------ Supplied material

//! What is timed. `bench/front.c` makes the same calls under the same names, but for those of `Rotate`: it has no parts.

use nt_status::{Handle, MAX_THREADS};

/// How many untouched events a crowd has. Its threads are the most that there may be.
pub const CROWD_EVENTS: u32 = 10_000;

/// What a round is.
#[derive(Clone, Copy)]
pub enum RoundKind {
    /// An auto-reset event is set, and a wait with timeout 0 takes it.
    Event,
    /// A free mutex is waited for and released.
    Mutex,
    /// A semaphore is released, and waited for.
    Semaphore,
    /// A wait with timeout 0 for any of 64 events, none of which is set.
    AnyOf64,
    /// 64 threads wait for all of a common event and one of their own. One's own is set, and then the common one; it waits again.
    OneOf64,
    /// One of this number of periodic timers comes due in a tick.
    Ticks(u32),
    /// Two threads set each other's event and wait for their own.
    RoundTrip,
    /// This number of workers wait for a mutex, release a semaphore and release the mutex, as `ntrun threads` has them do.
    Workers(u32),
    /// The calls of `Event` on the dispatcher alone, with no lock and no journal.
    Core,
    /// The calls of `Core`, with an entry written for each.
    CoreAndJournal,
    /// A lock is taken and given back.
    Lock,
    /// A part of the journal is taken: with the entries that set the stage at first, and from then on with none.
    Rotate,
}

/// What there is beside the threads and objects of the rounds.
#[derive(Clone, Copy)]
pub enum Company {
    Nothing,
    /// A thread that waits for an event of its own, asleep: a process in which nobody could meet another needs no lock.
    Sleeper,
    /// Threads and objects that no call touches.
    Crowd,
}

/// A round under its name, with what stands beside it.
#[derive(Clone, Copy)]
pub struct FrontShape {
    pub name: &'static str,
    pub kind: RoundKind,
    pub company: Company,
}

pub const SHAPES: &[FrontShape] = &[
    FrontShape {
        name: "event",
        kind: RoundKind::Event,
        company: Company::Nothing,
    },
    FrontShape {
        name: "event_beside",
        kind: RoundKind::Event,
        company: Company::Sleeper,
    },
    FrontShape {
        name: "event_crowd",
        kind: RoundKind::Event,
        company: Company::Crowd,
    },
    FrontShape {
        name: "mutex",
        kind: RoundKind::Mutex,
        company: Company::Nothing,
    },
    FrontShape {
        name: "mutex_beside",
        kind: RoundKind::Mutex,
        company: Company::Sleeper,
    },
    FrontShape {
        name: "mutex_crowd",
        kind: RoundKind::Mutex,
        company: Company::Crowd,
    },
    FrontShape {
        name: "semaphore",
        kind: RoundKind::Semaphore,
        company: Company::Nothing,
    },
    FrontShape {
        name: "semaphore_beside",
        kind: RoundKind::Semaphore,
        company: Company::Sleeper,
    },
    FrontShape {
        name: "semaphore_crowd",
        kind: RoundKind::Semaphore,
        company: Company::Crowd,
    },
    FrontShape {
        name: "any_of_64",
        kind: RoundKind::AnyOf64,
        company: Company::Nothing,
    },
    FrontShape {
        name: "any_of_64_crowd",
        kind: RoundKind::AnyOf64,
        company: Company::Crowd,
    },
    FrontShape {
        name: "one_of_64",
        kind: RoundKind::OneOf64,
        company: Company::Nothing,
    },
    FrontShape {
        name: "one_of_64_crowd",
        kind: RoundKind::OneOf64,
        company: Company::Crowd,
    },
    FrontShape {
        name: "tick_100",
        kind: RoundKind::Ticks(100),
        company: Company::Nothing,
    },
    FrontShape {
        name: "tick_10000",
        kind: RoundKind::Ticks(10_000),
        company: Company::Nothing,
    },
    FrontShape {
        name: "round_trip",
        kind: RoundKind::RoundTrip,
        company: Company::Nothing,
    },
    FrontShape {
        name: "round_trip_crowd",
        kind: RoundKind::RoundTrip,
        company: Company::Crowd,
    },
    FrontShape {
        name: "threads_2",
        kind: RoundKind::Workers(2),
        company: Company::Nothing,
    },
    FrontShape {
        name: "threads_8",
        kind: RoundKind::Workers(8),
        company: Company::Nothing,
    },
    FrontShape {
        name: "threads_64",
        kind: RoundKind::Workers(64),
        company: Company::Nothing,
    },
    FrontShape {
        name: "core_alone",
        kind: RoundKind::Core,
        company: Company::Nothing,
    },
    FrontShape {
        name: "core_and_journal",
        kind: RoundKind::CoreAndJournal,
        company: Company::Nothing,
    },
    FrontShape {
        name: "bare_lock",
        kind: RoundKind::Lock,
        company: Company::Nothing,
    },
    FrontShape {
        name: "rotate",
        kind: RoundKind::Rotate,
        company: Company::Nothing,
    },
    FrontShape {
        name: "rotate_crowd",
        kind: RoundKind::Rotate,
        company: Company::Crowd,
    },
];

pub fn shape_named(name: &str) -> Option<FrontShape> {
    for shape in SHAPES {
        if shape.name == name {
            return Some(*shape);
        }
    }
    None
}

impl FrontShape {
    /// How many threads the front has.
    pub fn threads(&self) -> u32 {
        match (self.company, self.kind) {
            (Company::Crowd, _) => MAX_THREADS,
            (Company::Sleeper, _) | (_, RoundKind::RoundTrip) => 2,
            (_, RoundKind::OneOf64) => 65,
            (_, RoundKind::Workers(workers)) => workers.wrapping_add(1),
            _ => 1,
        }
    }

    /// The handle of the first object that the rounds use: those of the threads and of the crowd come before it.
    pub fn first_handle(&self) -> u32 {
        self.threads().wrapping_add(self.crowd())
    }

    /// How many events the crowd has.
    pub fn crowd(&self) -> u32 {
        match self.company {
            Company::Crowd => CROWD_EVENTS,
            _ => 0,
        }
    }

    /// The event by which the thread beside the rounds says that it is there. It comes after the one object of a pair.
    pub fn ready_event(&self) -> Handle {
        Handle::new(self.first_handle().wrapping_add(1))
    }

    /// The event for which the thread beside the rounds waits.
    pub fn last_event(&self) -> Handle {
        Handle::new(self.first_handle().wrapping_add(2))
    }

    /// How many entries the calls that set the stage and `rounds` rounds write at the most.
    pub fn entries(&self, rounds: u32) -> usize {
        let (stage, each) = match self.kind {
            RoundKind::AnyOf64 => (64, 1),
            RoundKind::Rotate => (8, 0),
            RoundKind::OneOf64 => (256, 4),
            RoundKind::Ticks(timers) => (timers.saturating_mul(2), 1),
            RoundKind::RoundTrip => (8, 6),
            RoundKind::Workers(workers) => (
                workers.saturating_mul(3).saturating_add(7),
                workers.saturating_mul(4),
            ),
            _ => (16, 2),
        };
        let calls = (each as usize).saturating_mul(rounds as usize);
        calls
            .saturating_add(stage as usize)
            .saturating_add(self.crowd() as usize)
    }
}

------------

=== Work instructions ===
Return the full listing, word for word.

=== Task output ===
//! What is timed. `bench/front.c` makes the same calls under the same names, but for those of `Rotate`: it has no parts.

use nt_status::{Handle, MAX_THREADS};

/// How many untouched events a crowd has. Its threads are the most that there may be.
pub const CROWD_EVENTS: u32 = 10_000;

/// What a round is.
#[derive(Clone, Copy)]
pub enum RoundKind {
    /// An auto-reset event is set, and a wait with timeout 0 takes it.
    Event,
    /// A free mutex is waited for and released.
    Mutex,
    /// A semaphore is released, and waited for.
    Semaphore,
    /// A wait with timeout 0 for any of 64 events, none of which is set.
    AnyOf64,
    /// 64 threads wait for all of a common event and one of their own. One's own is set, and then the common one; it waits again.
    OneOf64,
    /// One of this number of periodic timers comes due in a tick.
    Ticks(u32),
    /// Two threads set each other's event and wait for their own.
    RoundTrip,
    /// This number of workers wait for a mutex, release a semaphore and release the mutex, as `ntrun threads` has them do.
    Workers(u32),
    /// The calls of `Event` on the dispatcher alone, with no lock and no journal.
    Core,
    /// The calls of `Core`, with an entry written for each.
    CoreAndJournal,
    /// A lock is taken and given back.
    Lock,
    /// A part of the journal is taken: with the entries that set the stage at first, and from then on with none.
    Rotate,
}

/// What there is beside the threads and objects of the rounds.
#[derive(Clone, Copy)]
pub enum Company {
    Nothing,
    /// A thread that waits for an event of its own, asleep: a process in which nobody could meet another needs no lock.
    Sleeper,
    /// Threads and objects that no call touches.
    Crowd,
}

/// A round under its name, with what stands beside it.
#[derive(Clone, Copy)]
pub struct FrontShape {
    pub name: &'static str,
    pub kind: RoundKind,
    pub company: Company,
}

pub const SHAPES: &[FrontShape] = &[
    FrontShape {
        name: "event",
        kind: RoundKind::Event,
        company: Company::Nothing,
    },
    FrontShape {
        name: "event_beside",
        kind: RoundKind::Event,
        company: Company::Sleeper,
    },
    FrontShape {
        name: "event_crowd",
        kind: RoundKind::Event,
        company: Company::Crowd,
    },
    FrontShape {
        name: "mutex",
        kind: RoundKind::Mutex,
        company: Company::Nothing,
    },
    FrontShape {
        name: "mutex_beside",
        kind: RoundKind::Mutex,
        company: Company::Sleeper,
    },
    FrontShape {
        name: "mutex_crowd",
        kind: RoundKind::Mutex,
        company: Company::Crowd,
    },
    FrontShape {
        name: "semaphore",
        kind: RoundKind::Semaphore,
        company: Company::Nothing,
    },
    FrontShape {
        name: "semaphore_beside",
        kind: RoundKind::Semaphore,
        company: Company::Sleeper,
    },
    FrontShape {
        name: "semaphore_crowd",
        kind: RoundKind::Semaphore,
        company: Company::Crowd,
    },
    FrontShape {
        name: "any_of_64",
        kind: RoundKind::AnyOf64,
        company: Company::Nothing,
    },
    FrontShape {
        name: "any_of_64_crowd",
        kind: RoundKind::AnyOf64,
        company: Company::Crowd,
    },
    FrontShape {
        name: "one_of_64",
        kind: RoundKind::OneOf64,
        company: Company::Nothing,
    },
    FrontShape {
        name: "one_of_64_crowd",
        kind: RoundKind::OneOf64,
        company: Company::Crowd,
    },
    FrontShape {
        name: "tick_100",
        kind: RoundKind::Ticks(100),
        company: Company::Nothing,
    },
    FrontShape {
        name: "tick_10000",
        kind: RoundKind::Ticks(10_000),
        company: Company::Nothing,
    },
    FrontShape {
        name: "round_trip",
        kind: RoundKind::RoundTrip,
        company: Company::Nothing,
    },
    FrontShape {
        name: "round_trip_crowd",
        kind: RoundKind::RoundTrip,
        company: Company::Crowd,
    },
    FrontShape {
        name: "threads_2",
        kind: RoundKind::Workers(2),
        company: Company::Nothing,
    },
    FrontShape {
        name: "threads_8",
        kind: RoundKind::Workers(8),
        company: Company::Nothing,
    },
    FrontShape {
        name: "threads_64",
        kind: RoundKind::Workers(64),
        company: Company::Nothing,
    },
    FrontShape {
        name: "core_alone",
        kind: RoundKind::Core,
        company: Company::Nothing,
    },
    FrontShape {
        name: "core_and_journal",
        kind: RoundKind::CoreAndJournal,
        company: Company::Nothing,
    },
    FrontShape {
        name: "bare_lock",
        kind: RoundKind::Lock,
        company: Company::Nothing,
    },
    FrontShape {
        name: "rotate",
        kind: RoundKind::Rotate,
        company: Company::Nothing,
    },
    FrontShape {
        name: "rotate_crowd",
        kind: RoundKind::Rotate,
        company: Company::Crowd,
    },
];

pub fn shape_named(name: &str) -> Option<FrontShape> {
    for shape in SHAPES {
        if shape.name == name {
            return Some(*shape);
        }
    }
    None
}

impl FrontShape {
    /// How many threads the front has.
    pub fn threads(&self) -> u32 {
        match (self.company, self.kind) {
            (Company::Crowd, _) => MAX_THREADS,
            (Company::Sleeper, _) | (_, RoundKind::RoundTrip) => 2,
            (_, RoundKind::OneOf64) => 65,
            (_, RoundKind::Workers(workers)) => workers.wrapping_add(1),
            _ => 1,
        }
    }

    /// The handle of the first object that the rounds use: those of the threads and of the crowd come before it.
    pub fn first_handle(&self) -> u32 {
        self.threads().wrapping_add(self.crowd())
    }

    /// How many events the crowd has.
    pub fn crowd(&self) -> u32 {
        match self.company {
            Company::Crowd => CROWD_EVENTS,
            _ => 0,
        }
    }

    /// The event by which the thread beside the rounds says that it is there. It comes after the one object of a pair.
    pub fn ready_event(&self) -> Handle {
        Handle::new(self.first_handle().wrapping_add(1))
    }

    /// The event for which the thread beside the rounds waits.
    pub fn last_event(&self) -> Handle {
        Handle::new(self.first_handle().wrapping_add(2))
    }

    /// How many entries the calls that set the stage and `rounds` rounds write at the most.
    pub fn entries(&self, rounds: u32) -> usize {
        let (stage, each) = match self.kind {
            RoundKind::AnyOf64 => (64, 1),
            RoundKind::Rotate => (8, 0),
            RoundKind::OneOf64 => (256, 4),
            RoundKind::Ticks(timers) => (timers.saturating_mul(2), 1),
            RoundKind::RoundTrip => (8, 6),
            RoundKind::Workers(workers) => (
                workers.saturating_mul(3).saturating_add(7),
                workers.saturating_mul(4),
            ),
            _ => (16, 2),
        };
        let calls = (each as usize).saturating_mul(rounds as usize);
        calls
            .saturating_add(stage as usize)
            .saturating_add(self.crowd() as usize)
    }
}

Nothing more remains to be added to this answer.